凡屬於某一類之事物,必皆依照某理,有某性。所謂性,即屬於某一類之事物所依照於某理者。
一件一件底事物,我們稱之為個體。一個個體,可屬於許多類,有許多性。例如張三、李四,是兩個個體。張三是人,是白底,是高底,他即屬於此三類,有此三性。李四是人,是黑底,是低底,他即屬於此三類,有此三性。此不過舉例說,其實張三、李四,所屬於之類,所有之性,皆是很多很多底,可以說是不知有許多。每一個體所有之許多性,各不相同。所以個體是特殊底,亦稱殊相。而每一類之理,則是此一類的事物所共同依照者,所以理是公共底,亦稱共相。
我們可把一件事物當成一個體而敘述其所有之性,或其所有之性之某部分。此等敘述是歷史。我們亦可把一件事物當成一某類之例,而研究其所以屬於此某類之某性。此等研究是科學。例如我們可把張三當成一個體而敘述其所有之性,或其所有之性之某部分,如說張三是人,張三是白底,張三是高底等。此等敘述是歷史。我們亦可把張三當成一是人底生物之例,而研究其生理。此等研究即是科學,或更確切地說,即是生理學。
科學中所講者都是關於某類之理論,而不是關於某個體之歷史。例如醫學中講各種病,如傷寒、瘧疾等。其講傷寒,乃傷寒一類之病,並不是張三或李四患傷寒之歷史。他間或亦講張三或李四患傷寒之歷史,然其講此歷史,並非以其為歷史而講之,而是以其為傷寒一類之病之例而講之。在實際上張三或李四所患之傷寒病,其細微曲折之處,不必盡同,但均有傷寒病之所同然者。此傷寒病之所同然者,即醫學研究之對象。醫學研究傷寒病之所同然者,故其所有理論,可適用於實際上任何人所害之傷寒病。
知從類的觀點以觀事物,我們謂之為知類。科學雖不僅止是知類,而知類是科學所必有之一基本底條件,是一切科學所同然者。

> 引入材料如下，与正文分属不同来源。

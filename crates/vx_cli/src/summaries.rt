ghost use Rattle.std.specs.Prelude.{◌≡◌, ◌++◌, OnOk, OnErr, IfOk, string_bytes};
ghost use Rattle.vx_cli.specs.Shown.{shown};
ghost use Rattle.vx_cli.specs.Summaries.{source_line, transform_line, sink_line, summary_line, lines_text, batches_text, attempts_text, outcomes_text};

use crate::showing::shown;
use std::alloc::{AllocError, Global};
use vx_plan::Class;
use vx_record::Tally;
use vx_value::{Bytes, Text, WantOfMemory};

/// Appends what an instance counted: one line that ends with a line feed, with the class and the name of its component, and then each
/// count of that class by its name.
///
/// Where no memory is found `out` is as before.
pub fn summary_line(
    alloc: Global,
    class: Class,
    name: &Text,
    tally: &Tally,
    out: &mut Bytes,
) -> Result<(), WantOfMemory>
    ensures ok { OnOk result (out.new ≡ out.old ++ summary_line class name.now tally.now) }
    ensures err { OnErr result (out.new ≡ out.old) }
{
    let name = shown(alloc, name)?;
    let line = match class {
        Class::Source => source_line(alloc, name.as_str(), tally)?,
        Class::Transform => transform_line(alloc, name.as_str(), tally)?,
        Class::Sink => sink_line(alloc, name.as_str(), tally)?,
    };
    out.push_slice(line.as_str().as_bytes())
}

/// What a source counted.
fn source_line(alloc: Global, name: &str, tally: &Tally) -> Result<String, AllocError>
    ensures { IfOk result (λ line. string_bytes line ≡ source_line name.now tally.now) }
{
    let lines = lines_text(alloc, tally)?;
    let batches = batches_text(alloc, tally)?;
    let outcomes = outcomes_text(alloc, tally)?;
    let confirmed = tally.confirmed;
    format!(in alloc; "source {name}{lines}{batches}{outcomes} confirmed={confirmed}\n")
}

/// What a transform counted.
fn transform_line(alloc: Global, name: &str, tally: &Tally) -> Result<String, AllocError>
    ensures { IfOk result (λ line. string_bytes line ≡ transform_line name.now tally.now) }
{
    format!(in alloc;
        "transform {name} taken={} sent={} dropped={} unread={}\n",
        tally.taken, tally.sent, tally.dropped, tally.unread
    )
}

/// What a sink counted.
fn sink_line(alloc: Global, name: &str, tally: &Tally) -> Result<String, AllocError>
    ensures { IfOk result (λ line. string_bytes line ≡ sink_line name.now tally.now) }
{
    let attempts = attempts_text(alloc, tally)?;
    let outcomes = outcomes_text(alloc, tally)?;
    let bytes = tally.bytes;
    format!(in alloc; "sink {name}{attempts}{outcomes} bytes={bytes}\n")
}

/// The bytes and lines that a source took.
fn lines_text(alloc: Global, tally: &Tally) -> Result<String, AllocError>
    ensures { IfOk result (λ text. string_bytes text ≡ lines_text tally.now) }
{
    format!(in alloc;
        " read={} lines={} overlong={} undecodable={}",
        tally.read, tally.lines, tally.overlong, tally.undecodable
    )
}

/// The events and batches that a source made.
fn batches_text(alloc: Global, tally: &Tally) -> Result<String, AllocError>
    ensures { IfOk result (λ text. string_bytes text ≡ batches_text tally.now) }
{
    format!(in alloc;
        " events={} unread={} batches={}",
        tally.events, tally.unread, tally.batches
    )
}

/// What a sink took and tried.
fn attempts_text(alloc: Global, tally: &Tally) -> Result<String, AllocError>
    ensures { IfOk result (λ text. string_bytes text ≡ attempts_text tally.now) }
{
    format!(in alloc;
        " taken={} newest={} attempts={}",
        tally.taken, tally.newest, tally.attempts
    )
}

/// What became of a source's batches or a sink's events.
fn outcomes_text(alloc: Global, tally: &Tally) -> Result<String, AllocError>
    ensures { IfOk result (λ text. string_bytes text ≡ outcomes_text tally.now) }
{
    format!(in alloc;
        " delivered={} errored={} rejected={}",
        tally.delivered, tally.errored, tally.rejected
    )
}
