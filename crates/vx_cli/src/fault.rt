ghost use Rattle.std.specs.Prelude.{◌≡◌};
ghost use Rattle.vx_cli.specs.Statuses.{status_of};

use vx_graph::GraphFault;
use vx_reading::PlanFault;
use vx_value::Text;

/// Why a run didn't end well.
#[derive(Drop)]
pub enum Fault {
    /// The words are no command.
    Usage,
    /// The configuration at that path wasn't read.
    ConfigRead { path: Text },
    /// The configuration was read, and isn't accepted.
    ConfigRefused(PlanFault),
    /// That name of a `host` component has no unused transform that the program hands in. Of several such names it is the least in byte
    /// order.
    UnknownHost(Text),
    /// The numbers of copies are used up: `next` is the next one, and `wanted` more were asked for.
    Numbers { next: u64, wanted: u64 },
    /// The port of that source failed after it had taken `at` bytes.
    SourceFailed { name: Text, at: u64 },
    /// The last confirm that was due at that source failed.
    ConfirmFailed { name: Text },
    /// What a configuration was judged to be, or what the instances of a run counted, couldn't be printed to standard output.
    PrintFailed,
    /// No memory was found.
    WantOfMemory,
}

impl Fault {
    /// The exit status of a run that ends with this fault, by the numbers of BSD's `sysexits`.
    pub fn status(&self) -> u8
        ensures { result ≡ status_of self.now }
    {
        match self {
            Fault::Usage => 64,
            Fault::SourceFailed { name: _, at: _ } => 69,
            Fault::Numbers { next: _, wanted: _ } => 70,
            Fault::WantOfMemory => 71,
            Fault::ConfigRead { path: _ } => 74,
            Fault::ConfirmFailed { name: _ } => 74,
            Fault::PrintFailed => 74,
            Fault::ConfigRefused(PlanFault::WantOfMemory) => 71,
            Fault::ConfigRefused(PlanFault::Graph(GraphFault::WantOfMemory)) => 71,
            Fault::ConfigRefused(_) => 78,
            Fault::UnknownHost(_) => 78,
        }
    }
}
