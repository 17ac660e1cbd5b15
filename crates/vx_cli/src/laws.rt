ghost use Rattle.std.specs.Prelude.{◌≡◌, ◌≢◌, false, true, ℕ, ◌<◌, ◌≤◌, ◌++◌, ◌∷◌, [], All, List, codes, length};
ghost use Rattle.std.specs.Str.{IsUtf8, NoCharPasses, chars};
ghost use Rattle.vx_value.specs.Texts.{ByteString};
ghost use Rattle.vx_cli.specs.Commands.{IsCommand, IsNoCommand};
ghost use Rattle.vx_cli.specs.Lines.{IsLine, IsPlainByte};
ghost use Rattle.vx_cli.specs.Shown.{IsCutAt, is_hidden, shown, spelled};
ghost use Rattle.vx_cli.specs.Spellings.{IsHyphened, IsPlain};
ghost use Rattle.vx_cli.specs.declared.command.Command.{Command};
ghost use Rattle.vx_cli.specs.Texts.{text_of};
ghost use Rattle.vx_cli.specs.declared.command.Command.TheVariants.{Run, Validate};
ghost use Rattle.vx_cli.specs.declared.fault.Fault.{Fault};
ghost use Rattle.vx_cli.specs.declared.fault.Fault.TheVariants.{Usage};

/// A list of words is at most one command, and none where it is in no command's grammar.
pub fn one_command()
    ensures one { (words : List ByteString) (a b : Command) → IsCommand words a → IsCommand words b →
        a ≡ b }
    ensures apart { (words : List ByteString) (command : Command) → IsNoCommand words →
        IsCommand words command → ⊥ }
{}

/// How a file is named: by each spelling of the option, and to `validate`; and how the counts, and an end with the files that are there,
/// are asked for.
///
/// Behind `=`, and behind the `--` of `validate`, it is any word. Right behind `-c` it has a byte, and doesn't begin
/// with `=`. As a word of its own it doesn't begin with a hyphen, or is a hyphen alone; `refusals` tells of other words.
pub fn spellings()
    ensures long { (file : ByteString) → IsPlain file →
        IsCommand (codes "--config" ∷ file ∷ []) (Run file false false) }
    ensures long_sign { (file : ByteString) →
        IsCommand ((codes "--config=" ++ file) ∷ []) (Run file false false) }
    ensures short { (file : ByteString) → IsPlain file →
        IsCommand (codes "-c" ∷ file ∷ []) (Run file false false) }
    ensures short_sign { (file : ByteString) →
        IsCommand ((codes "-c=" ++ file) ∷ []) (Run file false false) }
    ensures short_at_once { (b : ℕ) (rest : ByteString) → b ≢ 61 →
        IsCommand ((codes "-c" ++ b ∷ rest) ∷ []) (Run (b ∷ rest) false false) }
    ensures hyphen { IsCommand (codes "--config" ∷ codes "-" ∷ []) (Run (codes "-") false false)
        × IsCommand (codes "-c" ∷ codes "-" ∷ []) (Run (codes "-") false false) }
    ensures stats { (file : ByteString) →
        IsCommand ((codes "--config=" ++ file) ∷ codes "--stats" ∷ []) (Run file false true) }
    ensures stats_first { (file : ByteString) →
        IsCommand (codes "--stats" ∷ (codes "--config=" ++ file) ∷ []) (Run file false true) }
    ensures once { (file : ByteString) →
        IsCommand ((codes "--config=" ++ file) ∷ codes "--once" ∷ []) (Run file true false) }
    ensures once_first { (file : ByteString) →
        IsCommand (codes "--once" ∷ (codes "--config=" ++ file) ∷ []) (Run file true false) }
    ensures once_and_stats { (file : ByteString) →
        IsCommand (codes "--stats" ∷ (codes "--config=" ++ file) ∷ codes "--once" ∷ [])
        (Run file true true) }
    ensures validate { (file : ByteString) → IsPlain file →
        IsCommand (codes "validate" ∷ file ∷ []) (Validate file) }
    ensures validate_hyphen { IsCommand (codes "validate" ∷ codes "-" ∷ []) (Validate (codes "-")) }
    ensures behind_dashes { (file : ByteString) →
        IsCommand (codes "validate" ∷ codes "--" ∷ file ∷ []) (Validate file) }
{}

/// Words that are no command: too few, the option or a flag twice, a value of a flag, a word too many, and the words for help and
/// version.
///
/// A text that begins with a hyphen and has more behind it is no value of the option in a word of its own, and no first
/// FILE of `validate`, whatever words follow.
pub fn refusals()
    ensures none { IsNoCommand [] }
    ensures long_alone { IsNoCommand (codes "--config" ∷ []) }
    ensures short_alone { IsNoCommand (codes "-c" ∷ []) }
    ensures option_as_file { IsNoCommand (codes "--config" ∷ codes "--config" ∷ []) }
    ensures twice { (file other : ByteString) →
        IsNoCommand ((codes "--config=" ++ file) ∷ (codes "--config=" ++ other) ∷ []) }
    ensures twice_short { (file other : ByteString) →
        IsNoCommand ((codes "--config=" ++ file) ∷ (codes "-c=" ++ other) ∷ []) }
    ensures stats_alone { IsNoCommand (codes "--stats" ∷ []) }
    ensures stats_twice { (file : ByteString) →
        IsNoCommand (codes "--stats" ∷ codes "--stats" ∷ (codes "--config=" ++ file) ∷ []) }
    ensures stats_value { (file value : ByteString) →
        IsNoCommand ((codes "--stats=" ++ value) ∷ (codes "--config=" ++ file) ∷ []) }
    ensures once_alone { IsNoCommand (codes "--once" ∷ []) }
    ensures once_twice { (file : ByteString) →
        IsNoCommand (codes "--once" ∷ codes "--once" ∷ (codes "--config=" ++ file) ∷ []) }
    ensures once_value { (file value : ByteString) →
        IsNoCommand ((codes "--once=" ++ value) ∷ (codes "--config=" ++ file) ∷ []) }
    ensures more { (file word : ByteString) → IsPlain word →
        IsNoCommand ((codes "--config=" ++ file) ∷ word ∷ []) }
    ensures validate_alone { IsNoCommand (codes "validate" ∷ []) }
    ensures validate_two { (file word : ByteString) → IsPlain file → IsPlain word →
        IsNoCommand (codes "validate" ∷ file ∷ word ∷ []) }
    ensures long_hyphened { (word : ByteString) (rest : List ByteString) → IsUtf8 word → IsHyphened word →
        IsNoCommand (codes "--config" ∷ word ∷ rest) }
    ensures short_hyphened { (word : ByteString) (rest : List ByteString) → IsUtf8 word → IsHyphened word →
        IsNoCommand (codes "-c" ∷ word ∷ rest) }
    ensures validate_dashes { IsNoCommand (codes "validate" ∷ codes "--" ∷ []) }
    ensures validate_hyphened { (word : ByteString) (rest : List ByteString) → IsUtf8 word → IsHyphened word →
        word ≢ codes "--" → IsNoCommand (codes "validate" ∷ word ∷ rest) }
    ensures validate_option { (file : ByteString) →
        IsNoCommand (codes "validate" ∷ (codes "--config=" ++ file) ∷ []) }
    ensures help { IsNoCommand (codes "--help" ∷ []) × IsNoCommand (codes "-h" ∷ []) }
    ensures version { IsNoCommand (codes "--version" ∷ []) × IsNoCommand (codes "-V" ∷ []) }
{}

/// How a name, path or input is printed, whatever its bytes are: without a hidden character, in 258 bytes at most.
///
/// What takes no more than 256 bytes, with its hidden characters by their codes, stands whole. What takes more is cut
/// behind the last character that ends within 256 bytes, and two dots follow.
pub fn printed_names()
    ensures characters { (text : ByteString) → NoCharPasses is_hidden (shown text) }
    ensures bytes { (text : ByteString) → All IsPlainByte (shown text) }
    ensures bounded { (text : ByteString) → length (shown text) ≤ 258 }
    ensures whole { (text : ByteString) → length (spelled text) ≤ 256 → shown text ≡ spelled text }
    ensures cut { (text : ByteString) → 256 < length (spelled text) →
        IsCutAt 256 (chars text) (shown text) }
    ensures same { (text : ByteString) → IsUtf8 text → NoCharPasses is_hidden text → length text ≤ 256 →
        shown text ≡ text }
{}

/// Where something is printed of a fault, and not how the program is called, that is one line, whatever the fault names.
pub fn fault_lines()
    ensures { (fault : Fault) → fault ≢ Usage → text_of fault ≢ [] → IsLine (text_of fault) }
{}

我們可從特殊的觀點,以說文化,亦可從類的觀點,以說文化。如我們說西洋文化、中國文化等,此是從個體的觀點,以說文化。此所說是特殊底文化。我們說資本主義底文化,社會主義底文化等,此是從類的觀點,以說文化。此所說是文化之類。講個體底文化是歷史,講文化之類是科學。
我常說,在中國歷史中,漢人最富於科學底精神。這是一句很駭人聽聞底話,因為照有一部分人的說法,漢人在許多方面底見解,都是反科學底。我承認漢人在許多方面底見解,是與現在底科學不合。漢人在許多方面底見解,以現在底科學,或即以現在人的常識觀之,都可以說是荒謬絕倫。不過這些都是就漢人在許多方面底見解之內容說。科學本來是常在進步中底,無論何時代的人所有對於自然之知識,都有與已進步底科學不合之可能。若其不合太甚,則自已進步底科學之觀點看,都是荒謬絕倫。但此亦是就此等知識之內容說。此等知識之內容,雖可以說是荒謬絕倫,而其形式則不妨仍是科學底。此所謂形式,即指一切科學底知識所同然者。一知識,如其有一切科學底知識所同然者,即是科學底。如一人,或一時代之人,其知識有一切科學底知識所同然者,或求使其知識有一切科學底知識所同然者,我們即說,此一人,或此一時代之人,有科學底精神。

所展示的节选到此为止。